- ASSIGNED TASK -
Set down, exactly, every line from the top of the listing through the one holding "use std::marker::Model;".

━━━━━━━━━━

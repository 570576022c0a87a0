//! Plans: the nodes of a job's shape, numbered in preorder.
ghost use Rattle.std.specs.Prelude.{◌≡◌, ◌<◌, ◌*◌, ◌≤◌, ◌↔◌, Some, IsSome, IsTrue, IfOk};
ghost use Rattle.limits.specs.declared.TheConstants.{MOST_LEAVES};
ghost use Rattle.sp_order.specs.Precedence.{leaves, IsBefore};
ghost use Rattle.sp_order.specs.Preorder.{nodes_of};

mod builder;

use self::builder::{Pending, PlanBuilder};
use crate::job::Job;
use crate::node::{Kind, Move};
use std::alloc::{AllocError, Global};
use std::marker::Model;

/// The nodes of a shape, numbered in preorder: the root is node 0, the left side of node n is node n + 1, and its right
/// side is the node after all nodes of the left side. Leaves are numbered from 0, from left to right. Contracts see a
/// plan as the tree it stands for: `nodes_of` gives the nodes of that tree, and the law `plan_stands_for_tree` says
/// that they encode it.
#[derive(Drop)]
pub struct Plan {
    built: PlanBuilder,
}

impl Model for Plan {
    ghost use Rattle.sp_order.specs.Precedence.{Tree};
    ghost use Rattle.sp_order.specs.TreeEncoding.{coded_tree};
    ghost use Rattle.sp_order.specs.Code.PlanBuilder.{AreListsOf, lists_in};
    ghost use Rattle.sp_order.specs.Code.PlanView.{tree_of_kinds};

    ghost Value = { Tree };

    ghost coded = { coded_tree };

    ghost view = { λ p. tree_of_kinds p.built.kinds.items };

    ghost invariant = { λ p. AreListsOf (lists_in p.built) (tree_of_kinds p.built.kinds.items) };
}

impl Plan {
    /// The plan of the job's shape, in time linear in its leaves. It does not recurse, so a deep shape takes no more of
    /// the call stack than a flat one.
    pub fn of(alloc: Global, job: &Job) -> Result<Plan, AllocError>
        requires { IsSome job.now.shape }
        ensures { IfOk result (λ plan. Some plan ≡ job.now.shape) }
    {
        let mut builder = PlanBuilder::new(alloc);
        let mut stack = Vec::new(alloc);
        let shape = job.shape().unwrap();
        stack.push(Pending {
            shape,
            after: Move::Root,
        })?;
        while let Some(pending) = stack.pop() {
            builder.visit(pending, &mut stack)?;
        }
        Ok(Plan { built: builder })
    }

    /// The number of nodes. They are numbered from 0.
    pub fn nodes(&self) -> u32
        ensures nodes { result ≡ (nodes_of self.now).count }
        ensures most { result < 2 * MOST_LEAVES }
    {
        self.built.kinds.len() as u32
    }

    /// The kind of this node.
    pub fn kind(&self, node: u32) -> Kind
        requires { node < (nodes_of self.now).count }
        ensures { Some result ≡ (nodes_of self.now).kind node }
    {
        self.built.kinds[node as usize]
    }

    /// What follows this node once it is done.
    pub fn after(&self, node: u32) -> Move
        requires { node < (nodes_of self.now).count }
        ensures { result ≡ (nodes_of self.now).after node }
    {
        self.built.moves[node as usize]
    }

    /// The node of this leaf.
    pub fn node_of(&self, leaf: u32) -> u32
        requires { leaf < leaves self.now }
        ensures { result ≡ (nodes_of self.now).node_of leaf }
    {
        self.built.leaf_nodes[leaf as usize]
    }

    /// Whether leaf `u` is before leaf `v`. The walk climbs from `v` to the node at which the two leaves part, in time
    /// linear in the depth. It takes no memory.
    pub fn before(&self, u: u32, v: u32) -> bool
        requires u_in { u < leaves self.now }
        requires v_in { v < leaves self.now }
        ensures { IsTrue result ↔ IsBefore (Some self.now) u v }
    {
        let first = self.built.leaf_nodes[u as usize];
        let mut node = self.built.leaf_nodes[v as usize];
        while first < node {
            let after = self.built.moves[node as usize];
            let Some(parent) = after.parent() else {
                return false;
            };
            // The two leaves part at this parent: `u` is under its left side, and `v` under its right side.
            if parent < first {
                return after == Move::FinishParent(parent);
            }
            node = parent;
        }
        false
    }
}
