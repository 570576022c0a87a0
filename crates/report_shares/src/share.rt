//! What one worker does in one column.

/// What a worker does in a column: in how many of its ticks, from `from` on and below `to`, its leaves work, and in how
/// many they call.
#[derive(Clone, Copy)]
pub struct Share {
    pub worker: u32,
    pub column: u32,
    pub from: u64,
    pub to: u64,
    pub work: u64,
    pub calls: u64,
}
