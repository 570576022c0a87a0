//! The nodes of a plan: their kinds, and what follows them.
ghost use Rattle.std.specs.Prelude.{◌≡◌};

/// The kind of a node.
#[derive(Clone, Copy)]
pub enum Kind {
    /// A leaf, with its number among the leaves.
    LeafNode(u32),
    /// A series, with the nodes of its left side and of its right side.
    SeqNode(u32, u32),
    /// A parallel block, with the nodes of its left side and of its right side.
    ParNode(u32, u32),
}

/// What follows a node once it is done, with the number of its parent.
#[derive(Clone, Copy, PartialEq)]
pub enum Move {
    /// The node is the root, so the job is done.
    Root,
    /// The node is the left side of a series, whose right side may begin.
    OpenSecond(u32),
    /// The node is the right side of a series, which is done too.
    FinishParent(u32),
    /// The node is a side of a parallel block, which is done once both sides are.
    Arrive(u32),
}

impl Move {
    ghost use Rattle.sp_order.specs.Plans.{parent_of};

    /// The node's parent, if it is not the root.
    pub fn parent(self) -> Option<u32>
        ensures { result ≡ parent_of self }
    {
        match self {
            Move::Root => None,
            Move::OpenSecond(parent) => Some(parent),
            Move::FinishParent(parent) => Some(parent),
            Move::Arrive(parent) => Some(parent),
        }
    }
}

━━━━━━━━━━

- EXERCISE RESPONSE -
repository 570576022c0a87a0
//! Plans: the nodes of a job's shape, numbered in preorder.
ghost use Rattle.std.specs.Prelude.{◌≡◌, ◌<◌, ◌*◌, ◌≤◌, ◌↔◌, Some, IsSome, IsTrue, IfOk};
ghost use Rattle.limits.specs.declared.TheConstants.{MOST_LEAVES};
ghost use Rattle.sp_order.specs.Precedence.{leaves, IsBefore};
ghost use Rattle.sp_order.specs.Preorder.{nodes_of};

mod builder;

use self::builder::{Pending, PlanBuilder};
use crate::job::Job;
use crate::node::{Kind, Move};
use std::alloc::{AllocError, Global};
use std::marker::Model;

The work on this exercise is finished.